Again, welcome! — billinghurst sDrewth 12:00, 7 April 2011 (UTC)

Help with data extraction[edit]

Hi. I am asking you for help to extract some text data from the Wikisource text databases because so far I wasn't successful in achieving this goal.

The data I need is from this pageto this page of the first 105 characters of every paragraph. This may or may not contain already contain a wiki link and an anchor, but the necessary part of the text is the word "Page nnn" followed by a the reference number. From these I convert and create links and generate the anchors in the text pages.

Reference anchor:
{{fs90/s}}{{anchor|463-1}}[[Page:The Conquest of Mexico Volume 1.djvu/53#53-1|Page 9 (<sup>1</sup>)]].—

Main text source:
{{anchor|53-1}}[[Page:The Conquest of Mexico Volume 1.djvu/463#463-1|<sup>1</sup>]]

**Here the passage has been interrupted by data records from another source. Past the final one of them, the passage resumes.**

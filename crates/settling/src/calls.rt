// Settling a drawing by a tariff, and adopting a proposed plan.
ghost use Rattle.std.specs.Prelude.{◌≡◌, Bool};
ghost use Rattle.assignment_laws.specs.Judging.{Certified};
ghost use Rattle.faults.specs.Answers.{Answers};
ghost use Rattle.faults.specs.Checks.{Checks};
ghost use Rattle.settling.specs.Prices.{Marked, cost_of, count_refusal};
ghost use Rattle.settling.specs.Records.{proposed};
ghost use Rattle.settling.specs.Settling.{Settles, adopt_refusal, plan_refusal};

use crate::bridge::{assignment_of, plan_of};
use crate::pricing::{Pricing, check_count};
use crate::settlement::Settlement;
use assignment::{judge, solve};
use drawings::Drawing;
use elements::Element;
use faults::{Call, Cause, Fault, Layer};
use plans::Plan;
use tariffs::Tariff;

impl<'a, T: Tariff> Pricing<'a, T> {
    // A plan of a least naming, with prices that certify it.
    fn least_plan(&self) -> Plan
        ensures count { result.boards ≡ self.now.drawing.now.target.boards }
        ensures certified { Certified (cost_of (T.cost self.now.tariff.now) self.now.drawing.now self.now.words self.now.transformed) self.now.drawing.now.target.boards (proposed result) }
    {
        let costs = self.costs();
        plan_of(costs.boards, &solve(&costs))
    }

    // Refuses a plan for another count of boards than the drawing, and one that its prices do not certify.
    fn check_plan(&self, plan: &Plan) -> Result<(), Cause>
        ensures { Checks (plan_refusal (T.cost self.now.tariff.now) self.now.drawing.now self.now.words self.now.transformed plan.now) result (λ _. (plan.now.boards ≡ self.now.drawing.now.target.boards) × Certified (cost_of (T.cost self.now.tariff.now) self.now.drawing.now self.now.words self.now.transformed) self.now.drawing.now.target.boards (proposed plan.now)) }
    {
        check_count(self.drawing, plan.boards)?;
        judge(&self.costs(), &assignment_of(plan)).map_err(|fault| fault.cause)
    }
}

// A least naming for the drawing by the tariff, with prices that certify it.
pub fn settle<E: Element, T: Tariff>(
    drawing: &Drawing,
    alpha: E,
    tariff: &T,
) -> Result<Settlement, Fault>
    ensures { (t : Bool) × Marked drawing.now.operation (alpha ≡ E.unit) t × Answers Layer.Book Call.Settle (count_refusal drawing.now (T.boards tariff.now)) result (Settles (T.cost tariff.now) drawing.now E.width t) (Unit {0}) }
{
    let pricing = Pricing::new(Call::Settle, drawing, alpha, tariff)?;
    Ok(pricing.settlement(pricing.least_plan()))
}

// The proposed plan, where it is one for the drawing's boards and is certified by its prices.
pub fn adopt<E: Element, T: Tariff>(
    drawing: &Drawing,
    alpha: E,
    tariff: &T,
    plan: &Plan,
) -> Result<Settlement, Fault>
    ensures { (t : Bool) × Marked drawing.now.operation (alpha ≡ E.unit) t × Answers Layer.Book Call.Adopt (adopt_refusal (T.cost tariff.now) drawing.now E.width t (T.boards tariff.now) plan.now) result (λ s. (s.plan ≡ plan.now) × Settles (T.cost tariff.now) drawing.now E.width t s) (Unit {0}) }
{
    let pricing = Pricing::new(Call::Adopt, drawing, alpha, tariff)?;
    pricing
        .check_plan(plan)
        .map_err(|cause| Fault::new(Layer::Book, Call::Adopt, cause))?;
    Ok(pricing.settlement(*plan))
}
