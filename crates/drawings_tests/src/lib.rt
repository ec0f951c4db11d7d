#![tactic(auto)]

// Examples of drawings, with values from hand calculation.
#[cfg(test)]
mod tests;
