// What the packages of a drawing cost by a tariff.
ghost use Rattle.std.specs.Prelude.{◌≡◌, ℕ, ◌<◌, ◌≤◌, Bool, slice_index};
ghost use Rattle.drawings.specs.Drawings.{package_of};
ghost use Rattle.faults.specs.Answers.{Answers};
ghost use Rattle.faults.specs.Checks.{Checks};
ghost use Rattle.overlays.specs.Packages.{bytes};
ghost use Rattle.settling.specs.Prices.{Marked, asked, count_refusal};
ghost use Rattle.tariffs.specs.Laws.{highest_price};

use crate::packages::Packages;
use drawings::Drawing;
use elements::Element;
use faults::{Call, Cause, Fault, Layer};
use overlays::Operation;
use std::array;
use tariffs::{Question, Tariff};

// A drawing of elements of so many words, and a tariff for its boards.
#[derive(Drop)]
pub(crate) struct Pricing<'a, T: Tariff> {
    pub(crate) drawing: &'a Drawing,
    pub(crate) tariff: &'a T,
    pub(crate) words: u8,
    pub(crate) transformed: bool,
    ghost counted: { T.boards tariff.now ≡ drawing.now.target.boards },
    ghost narrow: { words ≤ 4 },
}

impl<'a, T: Tariff> Pricing<'a, T> {
    // What a call asks for. It is refused where the tariff is for another count of boards.
    pub(crate) fn new<E: Element>(
        call: Call,
        drawing: &'a Drawing,
        alpha: E,
        tariff: &'a T,
    ) -> Result<Pricing<'a, T>, Fault>
        ensures { (t : Bool) × Marked drawing.now.operation (alpha ≡ E.unit) t × Answers Layer.Book call (count_refusal drawing.now (T.boards tariff.now)) result (λ p. (p.drawing.now ≡ drawing.now) × (p.tariff.now ≡ tariff.now) × (p.words ≡ E.width) × (p.transformed ≡ t)) (Unit {0}) }
    {
        let transformed = is_transformed(drawing.operation, alpha);
        check_count(drawing, tariff.board_count()).map_err(|cause| Fault::new(
            Layer::Book,
            call,
            cause,
        ))?;
        Ok(Pricing {
            drawing,
            tariff,
            words: E::size() as u8,
            transformed,
        })
    }

    // The packages of all senders for the role.
    pub(crate) fn packages(&self, role: usize) -> Packages
        requires { role < self.now.drawing.now.target.boards }
        ensures { (i : ℕ) → i < self.now.drawing.now.target.boards → slice_index result.bytes i ≡ bytes (package_of self.now.drawing.now i role) self.now.words }
    {
        // Boards that the drawing does not have send none.
        let bytes = array::from_fn(|sender| {
            self.drawing
                .package_bytes(sender, role, self.words)
                .unwrap_or(0)
        });
        Packages { bytes }
    }

    // What the sender's package costs, which the receiver gets.
    pub(crate) fn price(&self, packages: &Packages, sender: usize, receiver: usize) -> u64
        requires sender_bound { sender < self.now.drawing.now.target.boards }
        requires receiver_bound { receiver < self.now.drawing.now.target.boards }
        ensures value { result ≡ T.cost self.now.tariff.now (asked sender receiver (slice_index packages.now.bytes sender) self.now.transformed) }
        ensures capped { result ≤ highest_price }
    {
        self.tariff
            .price(Question {
                sender,
                receiver,
                bytes: packages.bytes[sender],
                transformed: self.transformed,
            })
            .unwrap()
    }
}

// Whether the packages are transformed on their way.
fn is_transformed<E: Element>(operation: Operation, alpha: E) -> bool
    ensures { Marked operation (alpha ≡ E.unit) result }
{
    match operation {
        Operation::Identity => !alpha.is_one(),
        Operation::Transpose | Operation::ConjugateTranspose => true,
    }
}

// Refuses what is for another count of boards than the drawing.
pub(crate) fn check_count(drawing: &Drawing, number: usize) -> Result<(), Cause>
    ensures { Checks (count_refusal drawing.now number) result (λ _. Unit {0}) }
{
    if number == drawing.target.boards {
        Ok(())
    } else {
        Err(Cause::Count { number })
    }
}
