// A link with one inbox for each board.
#![tactic(auto)]

pub mod crossbar;
mod inbox;

pub use crossbar::Crossbar;
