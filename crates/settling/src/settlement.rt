// A plan, and what the packages cost under it.
ghost use Rattle.std.specs.Prelude.{◌≡◌, ℕ, ◌<◌, ◌≤◌, length};
ghost use Rattle.settling.specs.Records.{Summed, name_in};

use plans::Plan;

// The price of board i's package for role x stands at i * 16 + x, and 0 elsewhere. The memory is fixed: no heap.
#[derive(Clone, Copy)]
pub struct Settlement {
    pub plan: Plan,
    pub prices: [u64; 256],
    ghost sized: { length prices ≡ 256 },
    ghost counted: { (1 ≤ plan.boards) × (plan.boards ≤ 16) },
    ghost below: { (x : ℕ) → x < plan.boards → name_in plan x < plan.boards },
    ghost apart: { (x y : ℕ) → (x < plan.boards) × (y < plan.boards) × (name_in plan x ≡ name_in plan y) → x ≡ y },
    ghost summed: { Summed plan prices },
}
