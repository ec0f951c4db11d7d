// The prices of the packages under a plan.
ghost use Rattle.std.specs.Prelude.{◌≡◌, ℕ, ◌<◌, ◌≤◌, Bool, length};
ghost use Rattle.assignment_laws.specs.Judging.{Certified};
ghost use Rattle.settling.specs.Prices.{cost_of, question};
ghost use Rattle.settling.specs.Records.{BlankPast, ColumnFilled, name_in, price_at, proposed};
ghost use Rattle.settling.specs.Settling.{Settles};

use crate::packages::Packages;
use crate::pricing::Pricing;
use crate::settlement::Settlement;
use plans::Plan;
use tariffs::Tariff;

impl<'a, T: Tariff> Pricing<'a, T> {
    // Records what the packages for the role cost, which the receiver gets.
    fn fill_column(
        &self,
        prices: &mut [u64; 256],
        packages: &Packages,
        role: usize,
        receiver: usize,
    )
        requires role_bound { role < self.now.drawing.now.target.boards }
        requires receiver_bound { receiver < self.now.drawing.now.target.boards }
        ensures { ColumnFilled (T.cost self.now.tariff.now) self.now.drawing.now.target.boards packages.now.bytes self.now.transformed role receiver prices.old prices.new }
    {
        for sender in 0..self.drawing.target.boards {
            prices[sender * 16 + role] = self.price(packages, sender, receiver);
        }
    }

    // What each board's package for each role costs under the plan's naming.
    fn prices_under(&self, plan: &Plan) -> [u64; 256]
        requires plan { plan.now.boards ≡ self.now.drawing.now.target.boards }
        requires names { (x : ℕ) → x < plan.now.boards → name_in plan.now x < plan.now.boards }
        ensures len { length result ≡ 256 }
        ensures past { BlankPast self.now.drawing.now.target.boards result }
        ensures items { (i x : ℕ) → i < self.now.drawing.now.target.boards → x < self.now.drawing.now.target.boards → price_at result i x ≡ T.cost self.now.tariff.now (question self.now.drawing.now self.now.words self.now.transformed i x (name_in plan.now x)) }
    {
        let mut prices = [0; 256];
        for role in 0..plan.boards {
            let packages = self.packages(role);
            let receiver = plan.line(role).unwrap().board;
            self.fill_column(&mut prices, &packages, role, receiver);
        }
        prices
    }

    // A certified plan with the prices of its packages.
    pub(crate) fn settlement(&self, plan: Plan) -> Settlement
        requires plan { plan.boards ≡ self.now.drawing.now.target.boards }
        requires certified { Certified (cost_of (T.cost self.now.tariff.now) self.now.drawing.now self.now.words self.now.transformed) self.now.drawing.now.target.boards (proposed plan) }
        ensures plan { result.plan ≡ plan }
        ensures settles { Settles (T.cost self.now.tariff.now) self.now.drawing.now self.now.words self.now.transformed result }
    {
        let prices = self.prices_under(&plan);
        Settlement { plan, prices }
    }
}
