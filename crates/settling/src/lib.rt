// Settling a drawing: what its packages cost by a tariff, the least naming, and the judging of proposed plans.
#![tactic(auto)]

mod bridge;
pub mod calls;
pub mod costing;
mod packages;
mod pricing;
mod recording;
pub mod settlement;

pub use settlement::Settlement;
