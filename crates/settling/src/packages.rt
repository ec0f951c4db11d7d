// The packages of a role, one from each sender.
ghost use Rattle.std.specs.Prelude.{◌≡◌, ℕ, ◌≤◌, length, slice_index};
ghost use Rattle.tariffs.specs.Questions.{most_bytes};

// The bytes of board i's package stand at i.
#[derive(Clone, Copy)]
pub(crate) struct Packages {
    pub(crate) bytes: [usize; 16],
    ghost sized: { length bytes ≡ 16 },
    ghost capped: { (i : ℕ) → slice_index bytes i ≤ most_bytes },
}
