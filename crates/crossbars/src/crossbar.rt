// A link with one inbox for each board. A board is open exactly while its inbox is empty.
ghost use Rattle.std.specs.Prelude.{◌≡◌, ℕ, ◌≤◌, length};

use crate::inbox::Inbox;
use links::link::MOST_BOARDS;

#[derive(Drop)]
pub struct Crossbar {
    boards: usize,
    inboxes: [Inbox; MOST_BOARDS],
    ghost within: { boards ≤ 16 },
    ghost sized: { length inboxes ≡ 16 },
}

pub mod switch;
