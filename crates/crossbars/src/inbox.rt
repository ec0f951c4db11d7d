// One board's inbox: at most one frame.
ghost use Rattle.std.specs.Prelude.{◌≡◌, ℕ, ◌≤◌, length};

use links::link::MOST_WORDS;

// No `ArrayVec`, which writes over its words when it is emptied: here a frame goes by one store.
#[derive(Clone, Copy)]
pub(crate) struct Inbox {
    words: [u32; MOST_WORDS],
    // How many words the frame has; 0 where the inbox is empty.
    used: usize,
    ghost fits: { used ≤ 64 },
    ghost sized: { length words ≡ 64 },
}

pub mod access;
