// The worked example has a target of 3 rows and 4 columns, its rows split at 1, with roles 0 and 1, and a
// source whose columns are split at 3, with owners 0 and 1.
//
// The turned example has the same target, and a source of 4 rows and 3 columns with its rows split at 3 and
// its columns split at 2, whose blocks 0 to 3 are owned by 0, 1, 1 and 0:
//
//        source          its transpose over the target
//          0 1   2          0 1 2   3
//    0 |  0 0 | 1 |     0 | 0 0 0 | 1 |    role 0
//    1 |  0 0 | 1 |       +-------+---+
//    2 |  0 0 | 1 |     1 | 0 0 0 | 1 |    role 1
//    3 |  1 1 | 0 |       +-------+---+
//                       2 | 1 1 1 | 0 |    role 1
use drawings::{Cell, Drawing};
use faults::{Bank, Call, Cause, Fault, Layer};
use layouts::Layout;
use std::test::Fail;

fn target() -> Result<Layout, Fault> {
    Layout::new('R', 2, 3, 4, &[0, 1, 3], &[0, 4], &[0, 1])
}

fn worked() -> Result<Drawing, Fault> {
    let source = Layout::new('R', 2, 3, 4, &[0, 3], &[0, 3, 4], &[0, 1])?;
    Drawing::new('N', &target()?, &source, 9, 8)
}

fn turned_source() -> Result<Layout, Fault> {
    Layout::new('R', 2, 4, 3, &[0, 3, 4], &[0, 2, 3], &[0, 1, 1, 0])
}

// The cause for which a drawing is refused, if it is.
fn cause_of(made: Result<Drawing, Fault>) -> Option<Cause> {
    made.err().map(|fault| fault.cause)
}

#[test]
fn the_worked_example_has_packages_of_12_4_24_and_8_bytes(rt: HostRuntime) -> Result<(), Fail> {
    let drawing = worked()?;
    assert_eq!(rt; drawing.package_bytes(0, 0, 1)?, 12);
    assert_eq!(rt; drawing.package_bytes(1, 0, 1)?, 4);
    assert_eq!(rt; drawing.package_bytes(0, 1, 1)?, 24);
    assert_eq!(rt; drawing.package_bytes(1, 1, 1)?, 8);
    assert_eq!(rt; drawing.package_bytes(0, 1, 2)?, 48);
    assert_eq!(rt; drawing.package_elements(0, 1)?, 6);
    Ok(())
}

#[test]
fn the_worked_example_has_four_cells(rt: HostRuntime) -> Result<(), Fail> {
    let drawing = worked()?;
    assert_eq!(rt; drawing.cell_count(), 4);
    assert_eq!(rt; drawing.cover(0)?, (0, 0));
    assert_eq!(rt; drawing.cover(1)?, (0, 1));
    assert_eq!(rt; drawing.cover(2)?, (1, 0));
    assert_eq!(rt; drawing.cover(3)?, (1, 1));
    assert_eq!(rt;
        drawing.cell(3)?,
        Cell {
            top: 1,
            left: 3,
            height: 2,
            width: 1,
            role: 1,
            sender: 1,
        }
    );
    Ok(())
}

#[test]
fn a_transpose_takes_owners_with_their_blocks(rt: HostRuntime) -> Result<(), Fail> {
    let drawing = Drawing::new('T', &target()?, &turned_source()?, 7, 8)?;
    assert_eq!(rt; drawing.cell_count(), 6);
    assert_eq!(rt; drawing.cover(1)?, (0, 2));
    assert_eq!(rt; drawing.cover(4)?, (1, 1));
    assert_eq!(rt; drawing.cover(5)?, (1, 3));
    assert_eq!(rt;
        drawing.cell(1)?,
        Cell {
            top: 0,
            left: 3,
            height: 1,
            width: 1,
            role: 0,
            sender: 1,
        }
    );
    assert_eq!(rt; drawing.package_elements(0, 0)?, 3);
    assert_eq!(rt; drawing.package_elements(1, 0)?, 1);
    assert_eq!(rt; drawing.package_elements(0, 1)?, 4);
    assert_eq!(rt; drawing.package_elements(1, 1)?, 4);
    Ok(())
}

#[test]
fn causes_come_in_their_order(rt: HostRuntime) -> Result<(), Fail> {
    let (target, source) = (target()?, turned_source()?);
    assert_eq!(rt;
        cause_of(Drawing::new('X', &target, &source, 0, 0)),
        Some(Cause::Letter { code: 88 })
    );
    assert_eq!(rt;
        cause_of(Drawing::new('N', &target, &source, 0, 0)),
        Some(Cause::Size { number: 4 })
    );
    assert_eq!(rt;
        cause_of(Drawing::new('C', &target, &source, 0, 0)),
        Some(Cause::Share {
            bank: Bank::Source,
            owner: 2,
        })
    );
    assert_eq!(rt;
        cause_of(Drawing::new('C', &target, &source, 6, 0)),
        Some(Cause::Share {
            bank: Bank::Source,
            owner: 0,
        })
    );
    assert_eq!(rt;
        cause_of(Drawing::new('C', &target, &source, 7, 1048577)),
        Some(Cause::Share {
            bank: Bank::Target,
            owner: 2,
        })
    );
    assert_eq!(rt;
        cause_of(Drawing::new('C', &target, &source, 7, 7)),
        Some(Cause::Share {
            bank: Bank::Target,
            owner: 1,
        })
    );
    assert_eq!(rt; cause_of(Drawing::new('C', &target, &source, 7, 8)), None);
    Ok(())
}

#[test]
fn questions_beyond_the_last_are_refused(rt: HostRuntime) -> Result<(), Fail> {
    let drawing = worked()?;
    assert_eq!(rt;
        drawing.cover(4),
        Err(Fault::new(Layer::Drawings, Call::Cover, Cause::Beyond { index: 0 }))
    );
    assert_eq!(rt;
        drawing.package_elements(3, 2),
        Err(Fault::new(Layer::Drawings, Call::Ask, Cause::Board { number: 3 }))
    );
    assert_eq!(rt;
        drawing.package_elements(1, 2),
        Err(Fault::new(Layer::Drawings, Call::Ask, Cause::Board { number: 2 }))
    );
    Ok(())
}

Not to confuse you, both ends are, or will be anchored and linked for convenience. — Ineuw talk 19:25, 25 August 2015 (UTC)

Done: User:Ineuw/Sandbox. Hope I got you right.— Mpaa (talk) 21:44, 25 August 2015 (UTC)
Perfect, many many thanks.— Ineuw talk 22:36, 25 August 2015 (UTC)
@Mpaa: Could you extract a new data set with the same parameters. Using the previous list I found a number of duplications which I corrected. Thanks in advance, and don't forget to bill me.— Ineuw talk 09:06, 29 August 2015 (UTC)
Done: User:Ineuw/Sandbox.— Mpaa (talk) 10:08, 29 August 2015 (UTC)
Much thanks :-) — Ineuw talk 18:22, 29 August 2015 (UTC)

Volume 2[edit]

@Mpaa: Could you please extract the data like above but for volume 2 and place it again in User:Ineuw/Sandbox? The page range is BEGINNING HERE and ENDING HERE. I am sure that after I made corrections I will come back for another data extraction. Thanks in advance.— Ineuw talk 03:50, 5 September 2015 (UTC)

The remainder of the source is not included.